REQUIRED WORK ->
Reproduce the data below word for word.

GIVEN INFORMATION ->

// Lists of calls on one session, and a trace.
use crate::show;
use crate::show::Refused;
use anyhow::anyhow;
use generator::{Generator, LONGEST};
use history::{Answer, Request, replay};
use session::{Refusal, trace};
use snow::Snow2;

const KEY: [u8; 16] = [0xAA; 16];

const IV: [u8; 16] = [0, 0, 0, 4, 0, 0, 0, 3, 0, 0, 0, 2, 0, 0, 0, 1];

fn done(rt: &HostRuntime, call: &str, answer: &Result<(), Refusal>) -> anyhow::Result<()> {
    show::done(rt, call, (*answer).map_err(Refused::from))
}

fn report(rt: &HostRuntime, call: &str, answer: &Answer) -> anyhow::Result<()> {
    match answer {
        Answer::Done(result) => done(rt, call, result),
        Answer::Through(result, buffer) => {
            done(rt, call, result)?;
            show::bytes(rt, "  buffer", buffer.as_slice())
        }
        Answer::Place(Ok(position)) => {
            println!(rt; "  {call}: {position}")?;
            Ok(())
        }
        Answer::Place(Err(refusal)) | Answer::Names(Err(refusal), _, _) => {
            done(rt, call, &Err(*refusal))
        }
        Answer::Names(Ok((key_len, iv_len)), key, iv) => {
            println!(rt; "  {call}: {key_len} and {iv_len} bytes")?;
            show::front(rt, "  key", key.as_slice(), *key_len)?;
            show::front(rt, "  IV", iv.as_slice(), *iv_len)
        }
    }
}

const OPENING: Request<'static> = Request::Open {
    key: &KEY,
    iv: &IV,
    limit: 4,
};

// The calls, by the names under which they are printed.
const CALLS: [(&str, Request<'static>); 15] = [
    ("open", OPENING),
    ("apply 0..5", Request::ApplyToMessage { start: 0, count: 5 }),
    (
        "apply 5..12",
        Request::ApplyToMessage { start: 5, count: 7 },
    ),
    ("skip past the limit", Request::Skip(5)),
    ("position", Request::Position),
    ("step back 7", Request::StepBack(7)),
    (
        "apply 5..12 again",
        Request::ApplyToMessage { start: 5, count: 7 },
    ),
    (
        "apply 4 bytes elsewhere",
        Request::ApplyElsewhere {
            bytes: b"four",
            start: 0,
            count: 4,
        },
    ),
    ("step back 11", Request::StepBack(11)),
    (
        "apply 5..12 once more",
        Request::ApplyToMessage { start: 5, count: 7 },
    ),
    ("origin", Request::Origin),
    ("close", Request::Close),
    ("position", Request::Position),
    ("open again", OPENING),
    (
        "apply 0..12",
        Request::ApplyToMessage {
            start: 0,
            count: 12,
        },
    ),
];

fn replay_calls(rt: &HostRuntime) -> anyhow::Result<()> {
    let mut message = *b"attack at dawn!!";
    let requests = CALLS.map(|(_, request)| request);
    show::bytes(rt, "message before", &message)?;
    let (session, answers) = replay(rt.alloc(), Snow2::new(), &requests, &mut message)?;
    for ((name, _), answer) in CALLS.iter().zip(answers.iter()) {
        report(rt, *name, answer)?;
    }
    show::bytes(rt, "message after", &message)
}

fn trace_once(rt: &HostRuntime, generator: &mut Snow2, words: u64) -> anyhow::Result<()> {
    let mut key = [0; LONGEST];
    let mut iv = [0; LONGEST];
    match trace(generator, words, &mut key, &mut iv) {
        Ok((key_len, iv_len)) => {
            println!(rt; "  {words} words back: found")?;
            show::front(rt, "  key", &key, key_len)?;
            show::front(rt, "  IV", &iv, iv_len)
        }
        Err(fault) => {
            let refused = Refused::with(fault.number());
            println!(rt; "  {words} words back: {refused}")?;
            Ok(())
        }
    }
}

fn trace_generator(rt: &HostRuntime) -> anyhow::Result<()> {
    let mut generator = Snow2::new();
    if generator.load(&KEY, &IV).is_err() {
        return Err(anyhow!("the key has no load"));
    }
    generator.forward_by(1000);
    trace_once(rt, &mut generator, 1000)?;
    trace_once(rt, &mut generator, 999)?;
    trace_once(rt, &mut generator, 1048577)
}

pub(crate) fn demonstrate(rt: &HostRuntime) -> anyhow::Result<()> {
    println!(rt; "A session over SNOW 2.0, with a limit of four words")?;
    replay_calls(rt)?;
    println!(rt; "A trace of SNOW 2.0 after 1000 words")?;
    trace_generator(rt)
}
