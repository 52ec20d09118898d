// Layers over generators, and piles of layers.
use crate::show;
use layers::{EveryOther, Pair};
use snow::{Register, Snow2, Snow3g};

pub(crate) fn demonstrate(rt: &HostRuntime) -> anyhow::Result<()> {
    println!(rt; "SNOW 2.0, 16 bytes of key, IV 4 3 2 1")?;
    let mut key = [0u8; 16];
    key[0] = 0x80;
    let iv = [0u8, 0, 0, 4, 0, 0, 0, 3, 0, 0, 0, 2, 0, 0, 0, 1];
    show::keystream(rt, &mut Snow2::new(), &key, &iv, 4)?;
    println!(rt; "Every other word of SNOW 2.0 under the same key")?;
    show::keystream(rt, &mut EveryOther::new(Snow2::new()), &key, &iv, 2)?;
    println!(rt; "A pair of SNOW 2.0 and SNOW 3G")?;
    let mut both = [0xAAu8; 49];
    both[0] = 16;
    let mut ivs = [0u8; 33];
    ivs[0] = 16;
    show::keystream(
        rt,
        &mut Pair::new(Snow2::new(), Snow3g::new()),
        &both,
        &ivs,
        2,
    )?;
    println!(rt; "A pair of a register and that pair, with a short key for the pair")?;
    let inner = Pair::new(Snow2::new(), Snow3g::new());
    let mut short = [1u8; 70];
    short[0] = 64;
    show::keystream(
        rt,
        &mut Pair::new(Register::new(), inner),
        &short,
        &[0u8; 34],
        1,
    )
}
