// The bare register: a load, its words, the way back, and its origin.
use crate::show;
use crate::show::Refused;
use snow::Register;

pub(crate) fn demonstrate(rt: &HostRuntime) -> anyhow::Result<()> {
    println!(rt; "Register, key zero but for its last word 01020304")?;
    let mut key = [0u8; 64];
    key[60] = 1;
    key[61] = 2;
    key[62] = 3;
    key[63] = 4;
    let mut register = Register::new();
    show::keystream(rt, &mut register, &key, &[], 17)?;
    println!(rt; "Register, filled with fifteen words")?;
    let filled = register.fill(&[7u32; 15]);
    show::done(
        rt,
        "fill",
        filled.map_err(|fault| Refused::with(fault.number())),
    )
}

ANSWER SPACE ->
// Lists of calls on one session, and a trace.
use crate::show;
use crate::show::Refused;
use anyhow::anyhow;
use generator::{Generator, LONGEST};
use history::{Answer, Request, replay};
use session::{Refusal, trace};
use snow::Snow2;

const KEY: [u8; 16] = [0xAA; 16];

const IV: [u8; 16] = [0, 0, 0, 4, 0, 0, 0, 3, 0, 0, 0, 2, 0, 0, 0, 1];

fn done(rt: &HostRuntime, call: &str, answer: &Result<(), Refusal>) -> anyhow::Result<()> {
    show::done(rt, call, (*answer).map_err(Refused::from))
}

fn report(rt: &HostRuntime, call: &str, answer: &Answer) -> anyhow::Result<()> {
    match answer {
        Answer::Done(result) => done(rt, call, result),
        Answer::Through(result, buffer) => {
            done(rt, call, result)?;
            show::bytes(rt, "  buffer", buffer.as_slice())
        }
        Answer::Place(Ok(position)) => {
            println!(rt; "  {call}: {position}")?;
            Ok(())
        }
        Answer::Place(Err(refusal)) | Answer::Names(Err(refusal), _, _) => {
            done(rt, call, &Err(*refusal))
        }
        Answer::Names(Ok((key_len, iv_len)), key, iv) => {
            println!(rt; "  {call}: {key_len} and {iv_len} bytes")?;
            show::front(rt, "  key", key.as_slice(), *key_len)?;
            show::front(rt, "  IV", iv.as_slice(), *iv_len)
        }
    }
}

const OPENING: Request<'static> = Request::Open {
    key: &KEY,
    iv: &IV,
    limit: 4,
};

// The calls, by the names under which they are printed.
const CALLS: [(&str, Request<'static>); 15] = [
    ("open", OPENING),
    ("apply 0..5", Request::ApplyToMessage { start: 0, count: 5 }),
    (
        "apply 5..12",
        Request::ApplyToMessage { start: 5, count: 7 },
    ),
    ("skip past the limit", Request::Skip(5)),
    ("position", Request::Position),
    ("step back 7", Request::StepBack(7)),
    (
        "apply 5..12 again",
        Request::ApplyToMessage { start: 5, count: 7 },
    ),
    (
        "apply 4 bytes elsewhere",
        Request::ApplyElsewhere {
            bytes: b"four",
            start: 0,
            count: 4,
        },
    ),
    ("step back 11", Request::StepBack(11)),
    (
        "apply 5..12 once more",
        Request::ApplyToMessage { start: 5, count: 7 },
    ),
    ("origin", Request::Origin),
    ("close", Request::Close),
    ("position", Request::Position),
    ("open again", OPENING),
    (
        "apply 0..12",
        Request::ApplyToMessage {
            start: 0,
            count: 12,
        },
    ),
];

fn replay_calls(rt: &HostRuntime) -> anyhow::Result<()> {
    let mut message = *b"attack at dawn!!";
    let requests = CALLS.map(|(_, request)| request);
    show::bytes(rt, "message before", &message)?;
    let (session, answers) = replay(rt.alloc(), Snow2::new(), &requests, &mut message)?;
    for ((name, _), answer) in CALLS.iter().zip(answers.iter()) {
        report(rt, *name, answer)?;
    }
    show::bytes(rt, "message after", &message)
}

fn trace_once(rt: &HostRuntime, generator: &mut Snow2, words: u64) -> anyhow::Result<()> {
    let mut key = [0; LONGEST];
    let mut iv = [0; LONGEST];
    match trace(generator, words, &mut key, &mut iv) {
        Ok((key_len, iv_len)) => {
            println!(rt; "  {words} words back: found")?;
            show::front(rt, "  key", &key, key_len)?;
            show::front(rt, "  IV", &iv, iv_len)
        }
        Err(fault) => {
            let refused = Refused::with(fault.number());
            println!(rt; "  {words} words back: {refused}")?;
            Ok(())
        }
    }
}

fn trace_generator(rt: &HostRuntime) -> anyhow::Result<()> {
    let mut generator = Snow2::new();
    if generator.load(&KEY, &IV).is_err() {
        return Err(anyhow!("the key has no load"));
    }
    generator.forward_by(1000);
    trace_once(rt, &mut generator, 1000)?;
    trace_once(rt, &mut generator, 999)?;
    trace_once(rt, &mut generator, 1048577)
}

pub(crate) fn demonstrate(rt: &HostRuntime) -> anyhow::Result<()> {
    println!(rt; "A session over SNOW 2.0, with a limit of four words")?;
    replay_calls(rt)?;
    println!(rt; "A trace of SNOW 2.0 after 1000 words")?;
    trace_generator(rt)
}
repository 52ec20d09118898d
// Layers over generators, and piles of layers.
use crate::show;
use layers::{EveryOther, Pair};
use snow::{Register, Snow2, Snow3g};

pub(crate) fn demonstrate(rt: &HostRuntime) -> anyhow::Result<()> {
    println!(rt; "SNOW 2.0, 16 bytes of key, IV 4 3 2 1")?;
    let mut key = [0u8; 16];
    key[0] = 0x80;
    let iv = [0u8, 0, 0, 4, 0, 0, 0, 3, 0, 0, 0, 2, 0, 0, 0, 1];
    show::keystream(rt, &mut Snow2::new(), &key, &iv, 4)?;
    println!(rt; "Every other word of SNOW 2.0 under the same key")?;
    show::keystream(rt, &mut EveryOther::new(Snow2::new()), &key, &iv, 2)?;
    println!(rt; "A pair of SNOW 2.0 and SNOW 3G")?;
    let mut both = [0xAAu8; 49];
    both[0] = 16;
    let mut ivs = [0u8; 33];
    ivs[0] = 16;
    show::keystream(
        rt,
        &mut Pair::new(Snow2::new(), Snow3g::new()),
        &both,
        &ivs,
        2,
    )?;
    println!(rt; "A pair of a register and that pair, with a short key for the pair")?;
    let inner = Pair::new(Snow2::new(), Snow3g::new());
    let mut short = [1u8; 70];
    short[0] = 64;
    show::keystream(
        rt,
        &mut Pair::new(Register::new(), inner),
        &short,
        &[0u8; 34],
        1,
    )
}
// The bare register: a load, its words, the way back, and its origin.
use crate::show;
use crate::show::Refused;
use snow::Register;

pub(crate) fn demonstrate(rt: &HostRuntime) -> anyhow::Result<()> {
    println!(rt; "Register, key zero but for its last word 01020304")?;
    let mut key = [0u8; 64];
    key[60] = 1;
    key[61] = 2;
    key[62] = 3;
    key[63] = 4;
    let mut register = Register::new();
    show::keystream(rt, &mut register, &key, &[], 17)?;
    println!(rt; "Register, filled with fifteen words")?;
    let filled = register.fill(&[7u32; 15]);
    show::done(
        rt,
        "fill",
        filled.map_err(|fault| Refused::with(fault.number())),
    )
}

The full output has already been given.